Analytics will ignore the rollback response and will keep trying to re-connect since it will not spot a branch off of the failover log and is not aware of other reasons to rollback.
There are a few problems that are currently there:
Analytics utilizes a single stream to feed multiple datasets. On creation of a new dataset, Analytics will open a stream from sequence number 0. New dataset will store all mutations, existing datasets will ignore mutations until the stream reach the sequence number in their DCP state.
This can lead to inconsistent data in the following scenario.
- Dataset1 stopped at sequence number 500.
- DCP stream is disconnected.
- Dataset2 is created.
- DCP producer purges up to sequence number 1000.
- Analytics will open the stream from sequence number 0 (because of Dataset2).
- Once the stream reaches 500, Dataset1 will start applying mutations, not knowing that deletes have been purged.

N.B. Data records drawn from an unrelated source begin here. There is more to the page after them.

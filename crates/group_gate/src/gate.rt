// The gate with groups, and what goes with it.
ghost use Rattle.std.specs.Prelude.{◌≡◌, ◌≤◌, ◌<◌, [], List, All, None, true, length, take, drop, IfOk, IfErr, IfSome, OnErr};
ghost use Rattle.arc_data.specs.WellFormed.{IsWellFormed};
ghost use Rattle.centre_core.specs.Batches.{IsDownThen};
ghost use Rattle.centre_core.specs.GroupHalls.{ShowsLeft};
ghost use Rattle.centre_core.specs.Runs.{IsSubmitted};
ghost use Rattle.centre_rules.specs.History.{IsMoment};
ghost use Rattle.line_gate.specs.AtGates.{gate_seen};
ghost use Rattle.line_gate.specs.Blanks.{Names};
ghost use Rattle.line_gate.specs.Entries.{Extends};
ghost use Rattle.line_gate.specs.Groups.{MakesTold, ClosesGroup};
ghost use Rattle.line_gate.specs.Passes.{IsPass, IsLater, Makes, PassShows};

use arc_data::{Event, Memory};
use arc_io::Disk;
use centre_core::{Batch, Done, Grouped, Setup, Stop};
use line_gate::{Blank, Gate, GateName, GroupClosed, Pass};
use std::alloc::Global;
use std::sync::Wait;

/// A gate with groups that has no name yet.
pub type GroupBlank<D> = Blank<D>;

/// A caller's token at a gate with groups.
pub type GroupPass<N> = Pass<N>;

/// A gate at which callers may submit events together. What its calls do is said at those of the same names of `Gate`.
pub struct GroupGate<D: Disk, N: GateName> {
    pub gate: Gate<D, N>,
    ghost groups: { N.terms.groups ≡ true },
}

// Written out, as that of `Gate`.
impl<D: Disk + Drop, N: GateName> Drop for GroupGate<D, N> {
    fn drop(self) {
        let GroupGate { gate } = self;
        drop(gate);
    }
}

impl<D: Disk, N: GateName> GroupGate<D, N> {
    /// The gate of its name, and a pass that has seen just the base, nothing since, and made nothing. It takes no memory.
    pub fn new(blank: GroupBlank<D>) -> (GroupGate<D, N>, GroupPass<N>)
        requires names { Names D.seen N.terms blank }
        requires groups { N.terms.groups ≡ true }
        ensures pass { IsPass N.terms result.1 }
        ensures first { (result.1.since ≡ []) × (result.1.made ≡ []) × (result.1.told ≡ 0) }
    {
        let (gate, pass) = Gate::new(blank);
        (GroupGate { gate }, pass)
    }

    /// Submits an event alone.
    pub fn submit<R: Wait>(
        &self,
        rt: &R,
        alloc: Global,
        pass: &mut GroupPass<N>,
        event: Event,
        clock: u64,
    ) -> Result<Done, Stop>
        requires submitted { IsSubmitted event }
        requires formed { IsWellFormed event }
        requires clock { IsMoment clock }
        ensures pass { IsPass N.terms pass.new }
        ensures later { IsLater pass.old pass.new }
        ensures done { IfOk result (λ d. Makes N.terms pass.old pass.new clock
            (record { caller = d.caller; event = event; at = d.at; reply = d.reply })) }
        ensures by { IfOk result (λ d. d.caller ≡ pass.old.number) }
        ensures made { OnErr result (pass.new.made ≡ pass.old.made) }
        ensures cause { IfErr result (λ s. PassShows N.terms pass.new s event clock) }
    {
        self.gate.submit(rt, alloc, pass, event, clock)
    }

    /// Submits the events of a batch together.
    pub fn submit_all<R: Wait>(
        &self,
        rt: &R,
        alloc: Global,
        pass: &mut GroupPass<N>,
        batch: &mut Batch,
    ) -> Grouped
        ensures pass { IsPass N.terms pass.new }
        ensures later { IsLater pass.old pass.new }
        ensures done { MakesTold N.terms pass.old pass.new (take (length result.done) batch.old) result.done }
        ensures by { All (λ d. d.caller ≡ pass.old.number) result.done }
        ensures within { length result.done ≤ length batch.old }
        ensures some { result.stop ≡ None → (batch.old ≡ [] → ⊥) → 1 ≤ length result.done }
        ensures off { (IsDownThen result.stop → ⊥) → batch.new ≡ drop (length result.done) batch.old }
        ensures none { IsDownThen result.stop → result.done ≡ [] }
        ensures cause { IfSome result.stop (λ s. ShowsLeft (gate_seen N.terms pass.new) s batch.new) }
    {
        self.gate.submit_all(rt, alloc, pass, batch)
    }

    /// A pass with a new number. The error is want of memory, or of a number.
    pub fn split<R: Wait>(&self, rt: &R, pass: &mut GroupPass<N>) -> Result<GroupPass<N>, Memory>
        ensures pass { IsPass N.terms pass.new }
        ensures later { IsLater pass.old pass.new }
        ensures made { pass.new.made ≡ pass.old.made }
        ensures new { IfOk result (λ p. IsPass N.terms p × (p.made ≡ []) × Extends pass.old.since p.since
            × (pass.old.count ≤ p.number) × (p.number < pass.new.count)) }
    {
        self.gate.split(rt, pass)
    }

    /// The pass has then seen all that either had. The other is spent. It takes no memory and waits for nobody.
    pub fn take_in(&self, pass: &mut GroupPass<N>, other: GroupPass<N>)
        ensures pass { IsPass N.terms pass.new }
        ensures later { IsLater pass.old pass.new }
        ensures made { pass.new.made ≡ pass.old.made }
        ensures since { Extends other.since pass.new.since }
        ensures told { other.told ≤ pass.new.told }
    {
        self.gate.take_in(pass, other);
    }

    /// One has then seen all that either had. It waits for nobody. The error is want of memory.
    pub fn meet(&self, one: &mut GroupPass<N>, other: &mut GroupPass<N>) -> Result<(), Memory>
        ensures pass { IsPass N.terms one.new }
        ensures later { IsLater one.old one.new }
        ensures made { one.new.made ≡ one.old.made }
        ensures since { Extends other.old.since one.new.since }
        ensures told { other.old.told ≤ one.new.told }
        ensures other { other.new ≡ other.old }
    {
        self.gate.meet(one, other)
    }

    /// Closes the gate.
    pub fn close(self, first: GroupPass<N>) -> GroupClosed<D>
        ensures { ClosesGroup D.seen N.terms first result }
    {
        let GroupGate { gate } = self;
        gate.close_group(first)
    }

    /// The setup in force.
    pub fn setup(&self) -> &Setup
        ensures { result.now ≡ N.terms.text }
    {
        self.gate.setup()
    }
}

When two datasets are inconsistent when it comes to their DCP states, Catch up, close the stream, and re-open. In our example above, at step 5, we open the stream from 0 to 500. Then once that stream ends, we open a new stream from 501 to infinity. Upon requesting the new stream, KV will respond with a rollback response to sequence number 0.
There is quite a lot of wasted effort here. To mitigate it, before we start the stream from 0, we will ask KV for purge sequence numbers and perform rollbacks proactively.
When purge sequence number is large enough, the dcp consumer is expected to stream from 0 all the way to the purge sequence number without connection drops. See https://issues.couchbase.com/browse/MB-27800
If a connection drops, then the DCP producer will ask the consumer to start over. Why is this especially bad for Analytics?
When analytics streams a vbucket, it hashes its mutations into multiple nodes. Each of these nodes gets mutations from all vbuckets and puts then together in an LSM index creating components when memory is full.
When analytics detects a need for rollback, it does that by removing components from the end of the index until the rollback point is exceeded and then re-open the stream.
In this scenario, we are going to rollback to 0, all the vbuckets and restart the operation for all of them... So essentially, to get out of this situation, we need to successfully stream all 1024 vbuckets from 0 till the purge sequence number.
There is no proposed solution for this situation yet. Many solutions exist but none is particularly attractive.
Testing of purge scenarios is not easy. As of now, the only way for us to test is to set a low purge period with minimum limit of 1 hour. Wait for that time and then perform manual compaction.
This is not ideal. Is there a better way?